I remembered not long after writing my previous blog about working at a golf course that it really wasn’t my first job. You see, when I was 16 my dad ran a store and as part of its grand reopening after a renovation, they had me be a “clown.” I put clown in parentheses for a few good reasons. Did I have any clown training? No. Did I have any training putting on Clown makeup? No. Did I have any experience scaring the shit out of kids and ruining their day/lives? Yes. I wrote the Gosh Darned book on it.
From what I can remember I had a golf cart that I got to drive around in, (bad Idea) I got to hand out balloons to kids and basically wrote the rule book on everything else.
So after putting on my clown costume and makeup, which probably looked like a mentally disturbed person was playing with mommy’s makeup and then decided to stop halfway through. I was using a lot of browns and whites on my face.; If I was a Native American painting on my war paint, I’d be from the tribe of “thick brown stripe,” if that paints any kind of picture. It looked like someone shat a perfect brown rainbow on my forehead, seriously.
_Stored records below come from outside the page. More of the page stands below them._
//! The store that an array is to one thread that is alone with it, and that makes all work of its dies, its collector and its rebuilder
//! itself.
#![tactic(auto)]

mod collecting;
mod jobs;
mod rebuilding;
mod requests;
mod solo;
mod whole;

pub use fa_solo_job::Parts;
pub use solo::Solo;
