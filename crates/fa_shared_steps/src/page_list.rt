//! The pages of a batch.
ghost use Rattle.std.specs.Prelude.{◌≡◌, [], ◌∷◌, IfOk};
ghost use Rattle.fa_shared_steps.specs.Prepared.{pages_between};

use fa_types::Page;
use std::alloc::{AllocError, Allocator, Global};
use std::marker::Model;
use std::slice::from_ref;

/// The pages of a batch that is to be admitted, in their order. Contracts see their list. A page alone asks for no memory.
#[derive(Drop)]
pub struct PageList<A: Allocator = Global> {
    // A page that is alone.
    one: Option<Page>,
    // The pages where there is not one alone.
    pages: Vec<Page, A>,
}

impl<A: Allocator> Model for PageList<A> {
    ghost use Rattle.std.specs.Prelude.{List, [], ◌∷◌};
    ghost use Rattle.std.specs.Option.{option_map_or};
    ghost use Rattle.fa_types.specs.declared.numbers.Page.{Page};

    ghost Value = { List Page };

    ghost view = { λ l. option_map_or (λ page. page ∷ []) l.one l.pages.items };
}

impl<A: Allocator> PageList<A> {
    /// A page alone.
    pub fn one(alloc: A, page: Page) -> PageList<A>
        ensures { result ≡ page ∷ [] }
    {
        PageList {
            one: Some(page),
            pages: Vec::new(alloc),
        }
    }

    /// The pages from one to before another. The error is out of memory.
    pub fn between(alloc: A, page: u64, past: u64) -> Result<PageList<A>, AllocError>
        ensures { IfOk result (λ pages. pages ≡ pages_between page past) }
    {
        if past.saturating_sub(page) == 1 {
            return Ok(PageList::one(alloc, Page(page)));
        }
        let pages = (page..past).map(|number| Page(number)).collect(alloc)?;
        Ok(PageList { one: None, pages })
    }

    /// The pages in their order.
    pub fn as_slice(&self) -> &[Page]
        ensures value { result.now ≡ self.now }
    {
        match &self.one {
            Some(page) => from_ref(page),
            None => self.pages.as_slice(),
        }
    }
}
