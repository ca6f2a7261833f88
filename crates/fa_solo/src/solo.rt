//! The store of one thread.
ghost use Rattle.std.specs.Prelude.{◌≡◌, ◌*◌, ◌^◌, ◌≤◌, IfErr, IfOk};
ghost use Rattle.fa_faults.specs.Faults.{faults_of};
ghost use Rattle.fa_solo_job.specs.Inner.{house_in, house_of};

use crate::whole::{call, call_flush, call_read};
use fa_core_calls::Events;
use fa_faults::Fault;
use fa_image::Image;
use fa_shared_steps::Request;
use fa_solo_job::{Inner, Parts};
use fa_types::{BlockFault, Blocks, Geometry, Round};
use std::alloc::{AllocError, Allocator, Global};
use std::sync::ledger::{Blank, Ledger};

/// A block store over an array that nobody else uses, and over its images. All is done within its calls, by the thread that makes them:
/// the jobs of dies, the windows of the collector, spares, and copies of thin pages.
#[derive(Drop)]
pub struct Solo<L: Ledger, E: Events<A>, I: Image, A: Allocator + Copy = Global> {
    inner: Inner<L, E, I, A>,
    bytes: u64,
    page_bytes: u32,
    ghost some_bytes: { 1 ≤ page_bytes },
    ghost small_pages: { page_bytes ≤ 4096 },
    ghost few_bytes: { bytes ≤ 4294967296 },
}

impl<L: Ledger, E: Events<A>, I: Image, A: Allocator + Copy> Solo<L, E, I, A> {
    /// The store of an array over the images from which it was mounted, with a ledger of 257 parts that nothing else names. No job, claim,
    /// batch or copy of the array is open. A window of the collector has so many rounds, 1 to 64. Where memory is refused the array and the
    /// images are handed back.
    pub fn new(
        alloc: A,
        blank: Blank,
        parts: Parts<E, I, A>,
        window_rounds: u64,
    ) -> Result<Solo<L, E, I, A>, Parts<E, I, A>>
        requires name { blank.name ≡ L.name }
        requires parts { (blank.parts ≡ L.parts) × (blank.parts ≡ 257) }
        requires whole { E.whole parts.array }
        requires window { (1 ≤ window_rounds) × (window_rounds ≤ 64) }
        ensures house { IfOk result (λ store. house_of store.inner ≡ house_in E.core parts) }
        ensures number { IfOk result (λ store. store.inner.locked.number ≡ E.number parts.array) }
        ensures dies { IfOk result (λ store. store.inner.dies ≡ parts.dies) }
        ensures bytes { IfOk result (λ store. store.bytes ≡ store.inner.locked.core.page_map.geometry.pages
            * store.inner.locked.core.page_map.geometry.page_bytes) }
        ensures page { IfOk result (λ store. store.page_bytes ≡ store.inner.locked.core.page_map.geometry.page_bytes) }
        ensures refused { IfErr result (λ back. back ≡ parts) }
    {
        let (bytes, page_bytes) = store_bytes(parts.array.geometry());
        match Inner::new(alloc, blank, parts, window_rounds) {
            Ok(inner) => Ok(Solo {
                inner,
                bytes,
                page_bytes,
            }),
            Err(parts) => Err(parts),
        }
    }

    /// The array and its images.
    pub fn into_parts(self) -> Parts<E, I, A>
        ensures whole { E.whole result.array }
        ensures house { house_in E.core result ≡ house_of self.inner }
        ensures number { E.number result.array ≡ self.inner.locked.number }
        ensures dies { result.dies ≡ self.inner.dies }
    {
        let Solo { inner, .. } = self;
        inner.into_parts()
    }

    /// The last 64 faults that took dies out, the oldest first. The error is out of memory.
    pub fn faults<B: Allocator>(&self, alloc: B) -> Result<Vec<Fault, B>, AllocError>
        ensures { IfOk result (λ faults. faults.items ≡ faults_of self.now.inner.faults) }
    {
        self.inner.faults.kept(alloc)
    }

    /// The array's round.
    pub fn now(&self) -> Round
        ensures { result.0 ≡ self.now.inner.locked.core.calendar.round }
    {
        self.inner.locked.array().now()
    }
}

/// How many bytes the store of an array has, and how many a page of it.
fn store_bytes(geometry: Geometry) -> (u64, u32)
    ensures bytes { result.0 ≡ geometry.pages * geometry.page_bytes }
    ensures most { result.0 ≤ 2 ^ 32 }
    ensures page { result.1 ≡ geometry.page_bytes }
    ensures some { 1 ≤ result.1 }
    ensures small { result.1 ≤ 4096 }
{
    let bytes = geometry.pages * u64::from(geometry.page_bytes);
    (bytes, geometry.page_bytes)
}

impl<L: Ledger, E: Events<A>, I: Image, A: Allocator + Copy> Blocks for Solo<L, E, I, A> {
    ghost use Rattle.fa_shared_request.specs.SharedStore.{shared_meets, shared_view, shared_whole};
    ghost use Rattle.fa_solo.specs.Stores.{StoreMakes};

    ghost view = { λ store. shared_view store.bytes store.page_bytes };

    ghost made = { λ before call answer after. StoreMakes I.made
        (record { bytes = before.bytes; page_bytes = before.page_bytes; inner = before.inner }) call answer
        (record { bytes = after.bytes; page_bytes = after.page_bytes; inner = after.inner }) };

    ghost meets = { λ before after call answer made.
        shared_meets before.bytes before.page_bytes after.bytes after.page_bytes call answer made.0 made.1 made.2 };

    ghost whole = { λ store. shared_whole store.bytes store.page_bytes store.some_bytes };

    fn size(&self) -> u64 {
        self.bytes
    }

    fn page_bytes(&self) -> u32 {
        self.page_bytes
    }

    fn read<B: Allocator>(
        &mut self,
        alloc: B,
        offset: u64,
        len: u64,
    ) -> Result<Vec<u8, B>, BlockFault> {
        call_read(&mut self.inner, self.page_bytes, offset, len, alloc)
    }

    fn write(&mut self, offset: u64, bytes: &[u8], fua: bool) -> Result<(), BlockFault> {
        let len = bytes.len() as u64;
        let request = Request::Write { offset, len, fua };
        call(&mut self.inner, self.page_bytes, request, bytes)
    }

    fn zero(&mut self, offset: u64, len: u64, fua: bool, hole: bool) -> Result<(), BlockFault> {
        let request = Request::Zero {
            offset,
            len,
            fua,
            hole,
        };
        call(&mut self.inner, self.page_bytes, request, &[])
    }

    fn trim(&mut self, offset: u64, len: u64, fua: bool) -> Result<(), BlockFault> {
        let request = Request::Trim { offset, len, fua };
        call(&mut self.inner, self.page_bytes, request, &[])
    }

    fn flush(&mut self) -> Result<(), BlockFault> {
        call_flush(&mut self.inner, self.page_bytes)
    }
}
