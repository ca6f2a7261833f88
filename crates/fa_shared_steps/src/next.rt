//! How a request goes on, by what the array answered.
ghost use Rattle.std.specs.Prelude.{◌≡◌, true, false, Err};
ghost use Rattle.fa_shared_steps.specs.Ranges.{IsRange};
ghost use Rattle.fa_shared_steps.specs.Stages.{AfterReserve, after_abandon, after_begin, after_claim, after_commit, after_release};
ghost use Rattle.fa_shared_steps.specs.Stages.{after_state, beginning};
ghost use Rattle.fa_shared_steps.specs.Stages.{after_pages as rule_after, from_page as rule_from, opened as rule_opened};
ghost use Rattle.fa_shared_steps.specs.Stages.{stopped as rule_stopped, with_fewer as rule_fewer};
ghost use Rattle.fa_shared_steps.specs.declared.stage.Stage.TheVariants.{Reserving};

use crate::request::Task;
use crate::stage::{PageClaim, Purpose, Stage, Wish};
use fa_machine::{
    AbandonRefused, ClaimId, ClaimRefused, CommitRefused, Flush, FlushRefused, FlushState,
    ReserveRefused,
};
use fa_types::{BlockFault, Page, Seq};
use std::alloc::Allocator;

/// How a request begins.
pub fn begin<A: Allocator>(task: Task) -> Stage<A>
    requires { IsRange task.range }
    ensures { result ≡ beginning task }
{
    if task.fill.is_some() {
        return from_page(task, task.range.first_page());
    }
    if task.flush {
        return after_pages(task);
    }
    if task.range.from == task.range.to {
        Stage::Ended(None)
    } else {
        Stage::Listing(Purpose::Answer(task.range.first_page()))
    }
}

/// The request is refused. A page that is claimed is released first.
pub fn stopped<A: Allocator>(purpose: Purpose, fault: BlockFault) -> Stage<A>
    ensures { result ≡ rule_stopped purpose fault }
{
    match purpose {
        Purpose::Answer(_) => Stage::Ended(Some(fault)),
        Purpose::Merge(held) => Stage::Releasing(held, Some(fault)),
    }
}

/// Behind the last page a flush is made, if there is to be one.
fn after_pages<A: Allocator>(task: Task) -> Stage<A>
    ensures { result ≡ rule_after task }
{
    if task.flush {
        Stage::BeginningFlush
    } else {
        Stage::Ended(None)
    }
}

/// The page is written next, if it is one of the range.
fn from_page<A: Allocator>(task: Task, page: u64) -> Stage<A>
    requires { IsRange task.range }
    ensures { result ≡ rule_from task page }
{
    if page < task.range.past_page() {
        Stage::Claiming(Page(page))
    } else {
        after_pages(task)
    }
}

/// A page is claimed. One that is written in part is read first.
fn opened<A: Allocator>(task: Task, held: PageClaim) -> Stage<A>
    requires { IsRange task.range }
    ensures { result ≡ rule_opened task held }
{
    if task.range.covers(held.page.0) {
        Stage::Filling(held, false)
    } else {
        Stage::Listing(Purpose::Merge(held))
    }
}

/// What the request does behind its Claim.
pub fn claimed<A: Allocator>(
    task: Task,
    page: Page,
    answer: Result<ClaimId, ClaimRefused>,
) -> Stage<A>
    requires { IsRange task.range }
    ensures { result ≡ after_claim task page answer }
{
    match answer {
        Ok(claim) => opened(task, PageClaim { page, claim }),
        Err(ClaimRefused::Claimed) => Stage::Claiming(page),
        Err(ClaimRefused::NoMemory) => Stage::Ended(Some(BlockFault::NoMemory)),
    }
}

/// What the request does behind its Reserve. Where there is no room it waits, if it is to.
pub fn reserved<A: Allocator>(
    held: PageClaim,
    wish: Wish<A>,
    answer: Result<Seq, ReserveRefused>,
    waits: bool,
) -> Stage<A>
    ensures after { AfterReserve held wish answer result }
    ensures waits { answer ≡ Err ReserveRefused.NoRoom → waits ≡ true → result ≡ Reserving held wish }
    ensures gives_up { answer ≡ Err ReserveRefused.NoRoom → waits ≡ false → result ≡ rule_fewer held wish }
{
    match answer {
        Ok(_) => Stage::Committing(held, wish),
        Err(ReserveRefused::NoRoom) => {
            if waits {
                Stage::Reserving(held, wish)
            } else {
                with_fewer(held, wish)
            }
        }
        Err(ReserveRefused::NoDie) => Stage::Releasing(held, Some(BlockFault::Lost)),
        Err(ReserveRefused::Spent) => Stage::Releasing(held, Some(BlockFault::Spent)),
        Err(ReserveRefused::NoMemory) => Stage::Releasing(held, Some(BlockFault::NoMemory)),
    }
}

/// The page is written with fewer copies than are asked for, if it was not tried yet.
fn with_fewer<A: Allocator>(held: PageClaim, wish: Wish<A>) -> Stage<A>
    ensures { result ≡ rule_fewer held wish }
{
    match wish {
        Wish::Data(payload) => Stage::Reserving(held, Wish::Fewer(payload)),
        Wish::Fewer(_) => Stage::Releasing(held, Some(BlockFault::NoRoom)),
        Wish::Hole => Stage::Filling(held, true),
    }
}

/// What the request does behind its Commit.
pub fn committed<A: Allocator>(
    held: PageClaim,
    wish: Wish<A>,
    answer: Result<Seq, CommitRefused>,
) -> Stage<A>
    ensures { result ≡ after_commit held wish answer }
{
    match answer {
        Ok(_) => Stage::Releasing(held, None),
        Err(CommitRefused::Pending) => Stage::Committing(held, wish),
        Err(CommitRefused::Failed) => Stage::Abandoning(held, wish),
    }
}

/// What the request does behind its Abandon.
pub fn abandoned<A: Allocator>(
    held: PageClaim,
    wish: Wish<A>,
    answer: Result<(), AbandonRefused>,
) -> Stage<A>
    ensures { result ≡ after_abandon held wish answer }
{
    match answer {
        Ok(()) => Stage::Reserving(held, wish),
        Err(AbandonRefused::Pending) => Stage::Abandoning(held, wish),
        Err(AbandonRefused::Programmed) => Stage::Committing(held, wish),
    }
}

/// What the request does behind its Release.
pub fn released<A: Allocator>(task: Task, held: PageClaim, fault: Option<BlockFault>) -> Stage<A>
    requires { IsRange task.range }
    ensures { result ≡ after_release task held fault }
{
    if let Some(fault) = fault {
        return Stage::Ended(Some(fault));
    }
    if held.page.0 < task.range.past_page() {
        from_page(task, held.page.0 + 1)
    } else {
        after_pages(task)
    }
}

/// What the request does behind its FlushBegin.
pub fn begun<A: Allocator>(answer: Result<Flush, FlushRefused>) -> Stage<A>
    ensures { result ≡ after_begin answer }
{
    match answer {
        Ok(flush) => Stage::Flushing(flush),
        Err(FlushRefused::Spent) => Stage::Ended(Some(BlockFault::Spent)),
    }
}

/// What the request does behind its FlushState.
pub fn flushed<A: Allocator>(asked: Flush, state: FlushState) -> Stage<A>
    ensures { result ≡ after_state asked state }
{
    match state {
        FlushState::Waiting => Stage::Flushing(asked),
        FlushState::Synced => Stage::Ended(None),
        FlushState::NoDie => Stage::Ended(Some(BlockFault::Lost)),
    }
}
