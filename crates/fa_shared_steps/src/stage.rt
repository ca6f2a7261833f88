//! How far a request is.
ghost use Rattle.std.specs.Prelude.{◌≡◌};

use crate::page_list::PageList;
use fa_machine::{BatchId, ClaimId, Flush};
use fa_tag::Payload;
use fa_types::{BlockFault, Page};
use std::alloc::{Allocator, Global};

/// A page that is claimed, with its claim.
#[derive(Clone, Copy)]
pub struct PageClaim {
    /// The page.
    pub page: Page,
    /// The claim of it.
    pub claim: ClaimId,
}

/// What a batch is read for.
#[derive(Clone, Copy)]
pub enum Purpose {
    /// For the answer of a read, which goes on at this page.
    Answer(u64),
    /// For a page that is written in part.
    Merge(PageClaim),
}

/// What is to be written of a page.
#[derive(Drop)]
pub enum Wish<A: Allocator = Global> {
    /// These bytes, on as many dies as are asked for.
    Data(Payload<A>),
    /// These bytes, on as many dies as there are with room.
    Fewer(Payload<A>),
    /// No bytes.
    Hole,
}

/// How far a request is: what it does next, and what it has of the array meanwhile.
#[derive(Drop)]
pub enum Stage<A: Allocator = Global> {
    /// The pages of a batch are to be listed.
    Listing(Purpose),
    /// A batch of these pages is to be admitted.
    Asking(Purpose, PageList<A>),
    /// The batch is being read.
    Reading(Purpose, BatchId),
    /// The batch is to be ended, and the request is refused so.
    Leaving(Purpose, BatchId, BlockFault),
    /// The batch gave this, of which the answer or the page's new bytes are to be made.
    Sorting(Purpose, Vec<(Page, Vec<u8, A>), A>),
    /// The page is to be claimed.
    Claiming(Page),
    /// What the page is to hold is to be made, for as many dies as are asked for, or for fewer.
    Filling(PageClaim, bool),
    /// A number and slots are to be reserved.
    Reserving(PageClaim, Wish<A>),
    /// What is reserved is to be committed.
    Committing(PageClaim, Wish<A>),
    /// What is reserved is to be given up, and then to be reserved anew.
    Abandoning(PageClaim, Wish<A>),
    /// The page is to be released, and the request goes on or is refused so.
    Releasing(PageClaim, Option<BlockFault>),
    /// A flush is to be begun.
    BeginningFlush,
    /// The flush is waited for.
    Flushing(Flush),
    /// All is done, or the request is refused so.
    Ended(Option<BlockFault>),
}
Following the adventures in face painting I started handing out balloons at the entrance to the store. The kids themselves responded in a variety of ways from 1 being really happy and wanting me to do jigs and entertain them to , 10 being flailing and gnashing of teeth combined with the a demonic screaming to get away. If a kid was a 10 I did my duty to keep my distance, now say that a kid gave me a worried look and hid behind its mother’s skirt, then it was game on.
Clowns are creepy as fuck, I don’t know who decided that they were nice and cool and fun to be around. Even before the movie “IT” Clowns always had a tinge of mistrust to them. I think the beginning of the end for clowns was when noted serial killer John Wayne Gacy used to dress up as a one and entertain at birthday parties.
Anyway… After freaking a kid out and damaging them mentally, I learned that as long as I was wearing this god forsaken costume and wearing the makeup of a mentally deranged person I could get away with whatever I wanted. So I moved on to the bigger fish, I started messing with adults. I was having a blast! Jumping out and scaring adults, driving my golf cart around at a four way stop, preventing people going through the intersection. But then I made a big mistake, I jumped into a parked car with a black family in it. The music in my head stopped, the Dad pointed a finger at me and with the voice of God himself said, “GET OUT!”
So my clown career died that day, I thought I was going to get beat up.
I don’t remember a whole lot about the rest of the experience, I think I blacked it out.